A fresh increase in the retail pump price of Premium Motor Spirit (PMS), otherwise known as petrol appears to be looming as the Petroleum Products Marketing Company (PPMC), a subsidiary of the Nigerian National Petroleum Corporation (NNPC), has increased the ex-depot price of the product, to N155.17 per litre from N147.67 per litre.

According to a report by Channels Television, this new adjustment is contained in an internal memo from PPMC with reference number PPMC/C/MK/003, dated November 11, 2020, signed by PPMC’s Manager Marketing, Tijjani Ali and addressed to the Executive Director, Commercial of the agency.

READ: Africa: South African unemployment rises to 17-year high of 30.8%

The ex-depot price is the price at which the product is sold by the PPMC to marketers at their various depots.

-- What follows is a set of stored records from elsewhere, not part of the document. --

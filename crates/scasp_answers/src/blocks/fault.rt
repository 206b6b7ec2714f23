//! How bytes are no answer file.

/// What is wrong with the first line at fault. They are tested in this order.
#[derive(Clone, Copy, Debug, PartialEq, Eq)]
pub enum AnswerKind {
    /// The input is longer than 67,108,864 bytes.
    Limit,
    /// The line has no form.
    Line,
    /// A number of the line is too large.
    NumberTooLarge,
    /// The line may not stand there, or not as deep.
    Order,
    /// The input ends within a line or a block, or without a header.
    Cut,
}

/// A fault, and the place of its byte, from 0.
#[derive(Clone, Copy, Debug, PartialEq, Eq)]
pub struct AnswerFault {
    pub at: u64,
    pub kind: AnswerKind,
}
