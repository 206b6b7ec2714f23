//! The list of checks of a program.
ghost use Rattle.std.specs.Prelude.{◌≡◌, map, IfOk};
ghost use Rattle.scasp_graph.specs.Analyses.{IsAnalysis};
ghost use Rattle.scasp_graph.specs.Map.{MapHolds};
ghost use Rattle.scasp_nmr.specs.Inside.Beside.{begins_with, behind};
ghost use Rattle.scasp_nmr.specs.Checks.{checks_of, clause_in};

use crate::items::{CheckItem, CheckItems};
use scasp_graph::Analysis;
use scasp_name::Memory;
use scasp_syntax::{Program, Sequence};
use std::alloc::Global;

/// Whether the number is the first of the list, and the numbers behind it if so, else all.
fn take_first(numbers: &[u64], number: u64) -> (bool, &[u64])
    ensures first { result.0 ≡ begins_with number numbers.now }
    ensures rest { result.1.now ≡ behind number numbers.now }
{
    match numbers.split_first() {
        Some((first, rest)) => {
            if number == *first {
                return (true, rest);
            }
            (false, numbers)
        }
        None => (false, numbers),
    }
}

/// The denials and the odd rules by clause number. It needs the analysis of this very program.
pub fn checks(alloc: Global, program: &Program, analysis: &Analysis) -> Result<CheckItems, Memory>
    requires { IsAnalysis program.now analysis.now }
    ensures items { IfOk result (λ items. items ≡ checks_of program.now analysis.now.odd_rules) }
    ensures covers { IfOk result (λ items. MapHolds program.now (map clause_in items) analysis.now.map) }
{
    let mut items = Sequence::new(alloc);
    let mut odd = analysis.odd_rules.as_slice();
    for (place, clause) in program.clauses.as_slice().iter().enumerate() {
        let number = place as u64 + 1;
        let head = clause.head.is_some();
        let (is_odd, rest) = take_first(odd, number);
        odd = rest;
        if is_odd || !head {
            items.push(CheckItem {
                clause: number,
                head,
            })?;
        }
    }
    Ok(items)
}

Consequently, marketers would be dispensing the product to motorists within a band of N165 and N173 per litre.

The memo read in part, “The EDC may please refer to the management directives in respect of the above subject (PPMC PMS prices for November 2020) as per the attached memo.

READ: FG increases fuel pump price to N138.62 per litre

“In line with the above, we propose PPMC November 2020 actual prices for PMS with effect from 13th November 2020, as follows: PPMC Ex-Coastal Price for PMS N130 per litre; PPMC Ex-Depot Price (With collection) N155.17 per litre.”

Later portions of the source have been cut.